第4話 集落
どれくらい歩いただろうか?「まゆ」とおしゃべりしながら楽しい時間を過ごす。頭の中では、ずっとこのまま続けばいいとさえ感じてしまう、、、、
何より「まゆ」のちっちゃい体でとぼとぼ歩く姿がとっても愛おしい、、今日のあなたはマジ天使ですか?
そんなことを考えてると、ようやく森を抜けて、集落が見えてきた。なんだか、古めかしいさびれた村だな、、
「島、あそこに人がいるよ!」
「そうだね、ちょっと声をかけてみようか?」
ようやく村についたことで、安堵しどこかで気が抜けていたんだろう、油断したと言った方が正解かもしれない。
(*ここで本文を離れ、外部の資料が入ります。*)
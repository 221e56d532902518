//! Programs with words of data.

ghost use Rattle.std.specs.Prelude.{◌≤◌};

use flat::BootFault;
use interleavings::Source;
use loader::{Program, read_elf};
use reference::program;
use std::alloc::{AllocError, Global};

/// A program without data.
pub(crate) fn text_alone(text: &[u32]) -> Source<'_> {
    Source { text, data: &[] }
}

fn push_words(file: &mut Vec<u8>, words: &[u32]) -> Result<(), AllocError> {
    for word in words {
        file.extend_from_slice(&word.to_le_bytes())?;
    }
    Ok(())
}

/// How many bytes so many words have.
fn bytes(words: &[u32]) -> u32
    ensures { result ≤ 4000000 }
{
    4 * words.len().min(1_000_000) as u32
}

/// Pushes a program header, of words at an offset of the file and at an address of memory.
fn push_header(
    file: &mut Vec<u8>,
    offset: u32,
    address: u32,
    words: &[u32],
    flags: u32,
) -> Result<(), AllocError> {
    let size = bytes(words);
    push_words(file, &[1, offset, address, address, size, size, flags, 1])
}

/// The ELF file of a program with data.
fn file_of(alloc: Global, source: &Source<'_>) -> Result<Vec<u8>, AllocError> {
    let mut file = Vec::new(alloc);
    let first = [
        0x464c_457f,
        0x0001_0101,
        0,
        0,
        0x00f3_0002,
        1,
        0x1000,
        52,
        0,
        0,
        0x0020_0034,
        2,
        0,
    ];
    push_words(&mut file, &first)?;
    push_header(&mut file, 116, 0, source.data, 6)?;
    push_header(&mut file, 116 + bytes(source.data), 0x1000, source.text, 5)?;
    push_words(&mut file, source.data)?;
    push_words(&mut file, source.text)?;
    Ok(file)
}

/// The program, as it is loaded. (One that can't be loaded is told as want of memory.)
pub(crate) fn program_of(alloc: Global, source: &Source<'_>) -> Result<Program, BootFault> {
    if source.data.is_empty() {
        return Ok(program(alloc, source.text)?);
    }
    match read_elf(alloc, &file_of(alloc, source)?) {
        Ok(program) => Ok(program),
        Err(_) => Err(BootFault::NoMemory),
    }
}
この時の行動に後々、後悔することになる。
農作業をしている、年は30くらいで、目がぎょろっとした男に声をかける。
「すみませーん!ちょっといいですか?」
「なんだーてめぇーら、おのれらは妙なかっこを
して、あやかしか!」
「いやいや、俺たちは、ただの旅人です」
「そんな言葉信じられるか!」
その時、男はふところから笛を取り出し大きな音を鳴らす「びぃーーーびぃーー」それはあたり一面に響き渡り、、、村の人たちが一斉に集まってくる。
「村の皆、こいつら、、あやかしだ」
「取り押さえるんだ!」
「ちょっと待ってくれ、、俺はただ、、、ゲホ」
村の男の蹴りが脇腹にあたり、一撃で気絶した。野盗との戦いで霊力を使い果たし、霊力が使えなかったら島はただのデブ、抵抗むなしく、捕まってしまった。
「島、気がついたかえ?」
「舞姫か?意識が入れ替わったんだね」
まゆの天使タイムが終了し、少し残念だが、
やむを得ない。ようやく意識を取り戻した島は、この場の状況を整理した。
俺たち2人は「あやかし」と疑われ粗末な作りの「おり」に閉じ込められてしまった。
「おぬし、何か策はあるかえ?」
「一つだけ方法があるにはあるが、、」
「もったいぶらず、はよう言え!」
「残りの霊力を使って瞬間移動をする方法!」
「ほぉー」舞姫は目を輝かせている
「だけど、これを使ったら、あの時みたいに
体が動けなくなるから、後のことは頼みます」
「今の状況よりは良い、はようやってたもれ」
嘘をついて、ごめん、そんな都合の良い呪文はないんだ、、、
島は覚悟を決め、もてる力を全て振り絞り、霊力を何重にし練り込む。「オンキリ・ソワカ・オンキリ・ソワカ」「願わくば、、救いたまえ!」
島の右手は強い光に包まれ、それを「舞姫」の肩に乗せる、、
「元気でな、舞姫」
「おぬしも一緒じゃないんかえ?」
「2人分の力は、俺には、、、」
舞姫は、、俺の手を振りはろうとする
「いやじゃ、、1人はいやじゃ
行くなら一緒じゃ、、」
島は、ありったけの力で「舞姫」の腕をつかみ、離さない、、、かなうなら一緒にいたい、でもだめなんだ、また「まゆ」が傷つくと思うと俺は耐えられない、、そうして俺は最後の呪文を唱える。
「また逢えたら、その時は、、、」
「しまぁぁ」大粒の涙を流し、泣き叫ぶ、姫
そして、まゆは時空のゲートに包まれ、姿を消した。この呪文は、いくつか制限はあるが、1人しか送りたい時代に飛ばせない、、それは、もといた時間、場所なら1回だけなら可能だ。
本当は、すぐに送り返せたけど、ごめん、、もっと「まゆ」といたかった。これをすると、もう逢えないとわかってたから、、、
そして、もてる全てを使い果たした、島は疲れ果て、その場で意識を失った。